#### What you are asked to do:
In the entries below, the word "copied" appears on some lines. Copy each of those lines.

#### Data for this exercise:

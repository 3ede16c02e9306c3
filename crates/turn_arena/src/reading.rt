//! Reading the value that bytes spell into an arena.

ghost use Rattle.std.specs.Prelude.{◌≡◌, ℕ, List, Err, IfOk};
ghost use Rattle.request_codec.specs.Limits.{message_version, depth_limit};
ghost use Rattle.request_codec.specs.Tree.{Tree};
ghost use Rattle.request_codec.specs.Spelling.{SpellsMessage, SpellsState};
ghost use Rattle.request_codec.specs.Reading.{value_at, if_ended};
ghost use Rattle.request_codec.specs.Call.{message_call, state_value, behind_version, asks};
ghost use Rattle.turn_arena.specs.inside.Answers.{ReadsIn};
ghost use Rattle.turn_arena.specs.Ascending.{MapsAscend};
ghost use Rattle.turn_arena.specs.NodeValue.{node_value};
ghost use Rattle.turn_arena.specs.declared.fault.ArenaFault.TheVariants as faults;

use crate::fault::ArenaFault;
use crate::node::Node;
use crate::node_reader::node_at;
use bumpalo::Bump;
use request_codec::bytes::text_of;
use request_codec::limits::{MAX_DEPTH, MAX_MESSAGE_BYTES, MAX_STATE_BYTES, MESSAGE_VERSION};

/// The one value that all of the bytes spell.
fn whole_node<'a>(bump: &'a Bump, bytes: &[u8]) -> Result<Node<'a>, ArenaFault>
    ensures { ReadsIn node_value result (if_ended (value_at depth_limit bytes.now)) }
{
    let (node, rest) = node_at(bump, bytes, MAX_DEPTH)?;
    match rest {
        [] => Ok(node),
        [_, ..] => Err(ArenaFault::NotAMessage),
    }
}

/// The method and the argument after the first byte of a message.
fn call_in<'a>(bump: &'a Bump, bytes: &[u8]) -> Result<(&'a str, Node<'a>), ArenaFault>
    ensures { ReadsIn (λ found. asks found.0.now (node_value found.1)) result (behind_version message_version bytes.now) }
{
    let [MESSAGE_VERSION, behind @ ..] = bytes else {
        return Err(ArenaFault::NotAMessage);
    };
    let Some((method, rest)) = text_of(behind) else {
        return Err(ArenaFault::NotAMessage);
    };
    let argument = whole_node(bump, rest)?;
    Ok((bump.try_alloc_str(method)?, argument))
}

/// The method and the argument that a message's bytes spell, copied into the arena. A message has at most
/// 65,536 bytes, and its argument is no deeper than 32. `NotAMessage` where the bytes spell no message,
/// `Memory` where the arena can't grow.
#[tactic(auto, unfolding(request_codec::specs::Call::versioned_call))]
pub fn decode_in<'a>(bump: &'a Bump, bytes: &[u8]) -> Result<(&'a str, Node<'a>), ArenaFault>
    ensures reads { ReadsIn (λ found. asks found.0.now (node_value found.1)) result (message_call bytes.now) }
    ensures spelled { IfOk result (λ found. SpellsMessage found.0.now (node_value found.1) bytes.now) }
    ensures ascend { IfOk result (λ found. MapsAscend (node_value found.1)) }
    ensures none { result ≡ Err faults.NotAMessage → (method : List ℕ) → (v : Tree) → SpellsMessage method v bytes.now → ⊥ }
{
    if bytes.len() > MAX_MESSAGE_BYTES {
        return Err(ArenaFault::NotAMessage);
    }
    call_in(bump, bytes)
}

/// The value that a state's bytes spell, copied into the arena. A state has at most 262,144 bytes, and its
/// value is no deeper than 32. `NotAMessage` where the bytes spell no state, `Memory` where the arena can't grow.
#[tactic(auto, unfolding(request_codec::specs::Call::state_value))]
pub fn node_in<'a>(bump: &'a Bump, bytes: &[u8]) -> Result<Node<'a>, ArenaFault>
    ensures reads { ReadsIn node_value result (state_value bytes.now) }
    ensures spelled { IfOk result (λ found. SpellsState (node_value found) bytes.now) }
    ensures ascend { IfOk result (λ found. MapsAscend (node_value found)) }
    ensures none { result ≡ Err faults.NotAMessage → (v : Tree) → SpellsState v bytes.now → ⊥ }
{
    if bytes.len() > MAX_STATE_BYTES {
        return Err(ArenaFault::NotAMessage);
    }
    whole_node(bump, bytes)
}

#### Answer space:
/// The method and the argument that a message's bytes spell, copied into the arena. A message has at most
/// The value that a state's bytes spell, copied into the arena. A state has at most 262,144 bytes, and its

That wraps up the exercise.